Connection on line bundle on projective curve - MathOverflow

Connection on line bundle on projective curve

2010-04-23T17:13:27Z

Let $C$ be a smooth projective curve. It is known that a line bundle on $C$ is of degree 0, if we can impose a connection structure on it.

Now my question is: Given a line bundle $L$ of degree 0, if there exist connection structure on $L$.

When $C$ is projective line, the question is obvious, how about when the genus is greater than 0?

Answer by David Ben-Zvi for Connection on line bundle on projective curve

2010-04-23T18:04:19Z

Yes (we're over C yes?)- the space of line bundles with connection forms a torsor for the cotangent bundle over the Jacobian.

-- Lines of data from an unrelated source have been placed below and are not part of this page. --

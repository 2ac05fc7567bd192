ghost use Rattle.std.specs.Prelude.{◌≡◌, ◌↔◌, ◌≤◌, true, false, None, Some};
ghost use Rattle.cq_base.specs.Settings.{IsInRange};
ghost use Rattle.cq_tokask.specs.Kept.{TakesNoLine};
ghost use Rattle.cq_program.specs.Statuses.{Ends, EndsUnread};
ghost use Rattle.cq_program.specs.Top.{AsksFile, AsksFor, Drives, DrivesFor, EndsFor, ExportsFile, ExportsFor, ListensFor, LogsFor, MakesFor, MakesLine, Runs, RunsAsked, RunsFor, ServesFor, ShortensFor, TakesNoLineFor, takes_first};
ghost use Rattle.cq_names.specs.Names.{is_project};
ghost use Rattle.cq_program.specs.declared.status.Status.TheVariants as ended;
ghost use Rattle.cq_words.specs.Command.{command_of, connections_of};
ghost use Rattle.cq_words.specs.declared.command.Command.TheVariants as command;
ghost use Rattle.cq_words.specs.declared.command.Listen.{Listen};
ghost use Rattle.cq_words.specs.declared.command.Make.{Make};

use crate::clients::listen;
use crate::host::Host;
use crate::logged::{serve_logged, shortened};
use crate::status::{Exit, Status, status_of, status_of_asked, status_of_exported};
use crate::workers::serve_with_workers;
use cq_base::{Memory, Settings, Steps, Text};
use cq_drive::{Driver, drive};
use cq_export::export;
use cq_hub::{Solo, SoloPass};
use cq_io::{Doors, Failed, Gate, Sink, Source};
use cq_lines::Lines;
use cq_make::{Project, make};
use cq_session::{NoLog, Server, session};
use cq_talk::{talks_alone, talks_beside};
use cq_tokask::ask;
use cq_words::{Command, Export, Make, Run, default_settings, is_command, read_command};
use cq_work::{Keyer, Work};
use std::alloc::Global;
use std::sync::Wait;
use std::sync::ledger::Ledger;
use std::thread::Threads;

// A session with a plain hub that is made for it, and its status.
fn serve<R: Threads + Sync, S: Source, K: Sink, G: Gate, L: Ledger>(
    host: &Host<'_, R, G>,
    settings: &Settings,
    source: &mut S,
    sink: &mut K,
    steps: &mut Steps<L>,
) -> Status
    requires in_range { IsInRange settings.now }
    ensures untaken { result ≡ ended.Memory → source.new ≡ source.old }
    ensures ends { Ends S.Source K.Sink result source.old source.new sink.old sink.new }
    ensures runs { Runs S.Source K.Sink settings.now steps.old steps.new
        source.old source.new sink.old sink.new result }
{
    let keyer = Keyer::plain(settings);
    let made: Result<(Solo<Work<L>>, SoloPass<Work<L>>), Memory> = Solo::new(host.alloc, settings);
    let Ok((hub, mut pass)) = made else {
        return Status::Memory;
    };
    match Lines::new(host.alloc, settings.byte_limit) {
        Ok(mut lines) => {
            talks_alone();
            talks_beside();
            let server = Server {
                rt: host.rt,
                alloc: host.alloc,
                keyer: &keyer,
                hub: &hub,
                keeper: &NoLog,
                gate: host.gate,
            };
            let end = session(&server, &mut pass, &mut lines, source, sink, steps);
            status_of(end)
        }
        Err(Memory) => Status::Memory,
    }
}

// A session with as many workers beside it as are asked for, and its status.
fn run_with<Q: Threads + Wait + Sync, S: Source, K: Sink, G: Gate + Sync, L: Ledger + Send + Sync>(
    host: &Host<'_, Q, G>,
    asked: Run,
    source: &mut S,
    sink: &mut K,
    steps: &mut Steps<L>,
) -> Status
    requires in_range { IsInRange asked.settings }
    requires few { asked.workers ≤ 64 }
    ensures untaken { result ≡ ended.Memory → source.new ≡ source.old }
    ensures ends { Ends S.Source K.Sink result source.old source.new sink.old sink.new }
    ensures runs { RunsAsked S.Source K.Sink asked steps.old steps.new
        source.old source.new sink.old sink.new result }
{
    if asked.workers == 0 {
        serve(host, &asked.settings, source, sink, steps)
    } else {
        serve_with_workers(host, &asked, source, sink, steps)
    }
}

// A core stepped by the lines of the source, and the status.
fn driven<R: Threads + Sync, S: Source, K: Sink, L: Ledger>(
    rt: &R,
    alloc: Global,
    settings: &Settings,
    source: &mut S,
    sink: &mut K,
    steps: &mut Steps<L>,
) -> Status
    requires in_range { IsInRange settings.now }
    ensures untaken { result ≡ ended.Memory → source.new ≡ source.old }
    ensures ends { Ends S.Source K.Sink result source.old source.new sink.old sink.new }
    ensures drives { Drives S.Source K.Sink settings.now
        source.old source.new sink.old sink.new result }
{
    let keyer = Keyer::plain(settings);
    let Ok(mut lines) = Lines::new(alloc, settings.byte_limit) else {
        return Status::Memory;
    };
    let driver = Driver {
        rt,
        alloc,
        keyer: &keyer,
    };
    match drive(&driver, &mut lines, source, sink, steps) {
        Ok(end) => status_of(end),
        Err(Memory) => Status::Memory,
    }
}

// Makes a project and writes its line, and answers the status.
fn made<R: Threads + Sync, K: Sink, L: Ledger>(
    rt: &R,
    alloc: Global,
    asked: Make,
    sink: &mut K,
    steps: &mut Steps<L>,
) -> Status
    requires few { asked.files ≤ 10000 }
    ensures ends { EndsUnread K.Sink result sink.old sink.new }
    ensures makes { MakesLine K.Sink asked sink.old sink.new result }
{
    let project = Project {
        number: asked.number,
        files: asked.files,
    };
    match make(rt, alloc, &default_settings(), project, sink, steps) {
        Ok(Ok(())) => Status::Done,
        Ok(Err(Failed)) => Status::WriteFault,
        Err(Memory) => Status::Memory,
    }
}

// A kept version, which the source begins with, asked by the lines after it, and the status.
fn kept<R: Threads + Sync, S: Source, K: Sink, L: Ledger>(
    rt: &R,
    alloc: Global,
    settings: &Settings,
    source: &mut S,
    sink: &mut K,
    steps: &mut Steps<L>,
) -> Status
    requires in_range { IsInRange settings.now }
    ensures ends { Ends S.Source K.Sink result source.old source.new sink.old sink.new }
    ensures asks { AsksFile L S.Source K.Sink settings.now
        source.old source.new sink.old sink.new result }
    ensures no_line { result ≡ ended.Memory → TakesNoLine L S.Source settings.now source.old source.new }
{
    let keyer = Keyer::plain(settings);
    match ask(rt, alloc, &keyer, source, sink, steps) {
        Ok(asked) => status_of_asked(asked),
        Err(Memory) => Status::Memory,
    }
}

// The version of a project that the changes of the source make, written as its token file, and the status.
fn exported<S: Source, K: Sink, L: Ledger>(
    alloc: Global,
    asked: &Export,
    source: &mut S,
    sink: &mut K,
    steps: &mut Steps<L>,
) -> Status
    requires in_range { IsInRange asked.now.settings }
    requires project { is_project asked.now.project ≡ true }
    ensures ends { Ends S.Source K.Sink result source.old source.new sink.old sink.new }
    ensures exports { ExportsFile L S.Source K.Sink asked.now
        source.old source.new sink.old sink.new result }
{
    let keyer = Keyer::plain(&asked.settings);
    match export(alloc, &keyer, &asked.project, source, sink, steps) {
        Ok(ended) => status_of_exported(ended),
        Err(Memory) => Status::Memory,
    }
}

/// The whole program: what the arguments ask for, over these ends, and how that ended. `run` answers the lines of the source
/// into the sink; `listen` the lines of each connection into it; `drive` steps a core by the lines of the source, and writes
/// their outcomes; `make` writes one line; `export` writes the token file of the version that the changes of the source make;
/// `ask` answers the lines after the token file that the source begins with. `serve` takes a log from the source, answers the
/// lines of each connection into it, and continues the log in the sink; `shorten` writes the lines of a log that its last
/// version needs.
/// Threads are started only for the workers of `run`, `listen` and `serve` and for the sessions of the last two, and each is
/// joined before this returns; the gate is then called from them too. The reads of these sessions are counted on a ledger of
/// their own.
pub fn top<
    Q: Threads + Wait + Sync,
    S: Source,
    K: Sink + Send,
    I: Source + Send + Drop,
    O: Sink + Send + Drop,
    D: Doors<In = I, Out = O>,
    G: Gate + Sync,
    L: Ledger + Send + Sync,
>(
    rt: &Q,
    alloc: Global,
    words: &[Text],
    source: &mut S,
    sink: &mut K,
    doors: &mut D,
    gate: &G,
    steps: &mut Steps<L>,
) -> Exit
    // Exactly if the arguments are not valid, and nothing is read, written or asked then.
    ensures arguments { (result.status ≡ ended.Arguments) ↔ (command_of words.now ≡ None) }
    ensures refused { result.status ≡ ended.Arguments
        → (source.new ≡ source.old) × (sink.new ≡ sink.old) × (doors.new ≡ doors.old) }

    // Memory is refused before a line is read. `ask` may have taken bytes of the file by then, none after it, and `export`
    // bytes of the lines.
    ensures untaken { result.status ≡ ended.Memory
        → takes_first (command_of words.now) ≡ false → source.new ≡ source.old }

    // What the status says of the source and the sink, for each command but `listen` and `serve`.
    ensures ends { EndsFor S.Source K.Sink words.now result.status
        source.old source.new sink.old sink.new }

    // The doors are only for `listen` and `serve`, and the source and the sink are for all but `listen`.
    ensures closed { connections_of words.now ≡ None → doors.new ≡ doors.old }
    ensures aside { (asked : Listen) → command_of words.now ≡ Some (command.Listen asked)
        → (source.new ≡ source.old) × (sink.new ≡ sink.old) }
    ensures listens { ListensFor words.now (D.bound doors.new)
        (D.left doors.old) (D.left doors.new)
        (D.faults doors.old) (D.faults doors.new) result.status }

    // `listen` serves connections under the settings in its arguments, with as many workers and as many sessions as they ask
    // for, unless memory is refused or the address can't be bound. No other command but `serve` serves any.
    ensures served { ServesFor words.now (D.bound doors.old) (D.bound doors.new)
        result.status result.served }
    ensures unserved { connections_of words.now ≡ None → result.served ≡ None }

    // Unless memory is refused, the status of `run` is that of a session over all lines of the source, with workers beside
    // it if there are any.
    ensures runs { RunsFor S.Source K.Sink words.now steps.old steps.new
        source.old source.new sink.old sink.new result.status }

    // That of `drive` is that of a script of all lines of the source.
    ensures drives { DrivesFor S.Source K.Sink words.now
        source.old source.new sink.old sink.new result.status }

    // That of `ask` is that of a kept version, asked by all lines of the source after its file, or of a read that failed
    // before the file was whole, or the source begins with no token file of the settings.
    ensures asks { AsksFor L S.Source K.Sink words.now
        source.old source.new sink.old sink.new result.status }
    ensures no_line { TakesNoLineFor L S.Source K.Sink words.now
        source.old source.new result.status }

    // That of `export` is that of writing the version of the changes that all lines of the source say.
    ensures exports { ExportsFor L S.Source K.Sink words.now
        source.old source.new sink.old sink.new result.status }

    // That of `serve` is that of taking a log from the source and continuing it in the sink.
    ensures logs { LogsFor S.Source K.Sink words.now
        source.old source.new sink.old sink.new result.status }

    // That of `shorten` is that of reading a log from the source, and writing the lines that its last version needs.
    ensures shortens { ShortensFor S.Source K.Sink words.now
        source.old source.new sink.old sink.new result.status }

    // That of `make` is that of sending the line of the project, and nothing is read.
    ensures makes { MakesFor K.Sink words.now sink.old sink.new result.status }
    ensures unread { (asked : Make) → command_of words.now ≡ Some (command.Make asked)
        → source.new ≡ source.old }
{
    if !is_command(words) {
        return Exit {
            status: Status::Arguments,
            served: None,
        };
    }
    let host = Host { rt, alloc, gate };
    match read_command(alloc, words) {
        Ok(Some(Command::Run(run))) => Exit {
            status: run_with(&host, run, source, sink, steps),
            served: None,
        },
        Ok(Some(Command::Listen(asked))) => listen(&host, asked, doors),
        Ok(Some(Command::Serve(asked))) => serve_logged(&host, asked, source, sink, doors),
        Ok(Some(Command::Drive(settings))) => Exit {
            status: driven(rt, alloc, &settings, source, sink, steps),
            served: None,
        },
        Ok(Some(Command::Make(asked))) => Exit {
            status: made(rt, alloc, asked, sink, steps),
            served: None,
        },
        Ok(Some(Command::Export(asked))) => Exit {
            status: exported(alloc, &asked, source, sink, steps),
            served: None,
        },
        Ok(Some(Command::Ask(settings))) => Exit {
            status: kept(rt, alloc, &settings, source, sink, steps),
            served: None,
        },
        Ok(Some(Command::Shorten(settings))) => Exit {
            status: shortened(alloc, &settings, source, sink),
            served: None,
        },
        Ok(None) => unreachable!(),
        Err(Memory) => Exit {
            status: Status::Memory,
            served: None,
        },
    }
}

The class of this torsor (as an element in $H^1(Jac,\Omega^1)=H^{1,1}$) is the Chern class of the theta line bundle. In fact one can construct canonical connections on generic line bundles of degree zero on a curve (in fact line bundles outside the theta divisor), once you give yourself the choice of a theta characteristic on the curve -- this is the theory of the "prime form" or Szego kernel (it's much much older, but I think a fairly easy "modern" exposition of this and the nonabelian version is in here).

[EDIT: Nonalgebraically it is very easy to see this assertion from the Hodge theorem: the space of line bundles with a flat connection is $H^1(X,C^\times)$, which can be identified with the product $H^1(X,O^\times)^{\circ}\times H^0(X,\Omega^1)$ just by exponentiating the Hodge theorem for H^1. Note that ANY holomorphic connection on a Riemann surface/algebraic curve is flat for dimension reason - there are no holomorphic 2-forms that could serve as curvature.. For higher rank bundles the analogous result is the topic of the Corlette-Simpson nonabelian Hodge theorem.]

More generally Andre Weil proved that a rank n bundle on a curve /C admits a connection if and only if every indecomposable summand is a vector bundle of degree zero. There's a nice proof of this by Atiyah as an application of the Atiyah class (which is the canonical obstruction to the existence of a connection on a vector bundle). In particular over the moduli of stable degree zero bundles we again have a nontrivial torsor for the cotangent bundle parametrizing bundles with connection, and the class of this torsor is again the Chern class of the determinant line bundle.

Answer by Sebastian for Connection on line bundle on projective curve

2010-04-23T18:04:47Z

Yes, you can: Every holomorphic line bundle of degree $0$ has a flat connection which is compatible with the holomorphic structure, i.e. $\nabla s=w_s s$ for local holomorphic sections, where $w_s\in\Gamma(M,K).$ But flatness implies $d w_s=0.$ Thus $/nabla$ is a holomorphic connection.

To see the existence of a flat connection compatible with the holomorphic structure, take any connection $\tilde\nabla$ compatible with the holomorphic structure. The curvature $F$ satisfies $\int_MF=0,$ so Serre duality implies the existence of a section $\eta\in\Gamma(M;K)$ with $d\eta=F.$ Then $\nabla=\tilde\nabla-\eta$ is flat and also compatible with the holomorphic structure.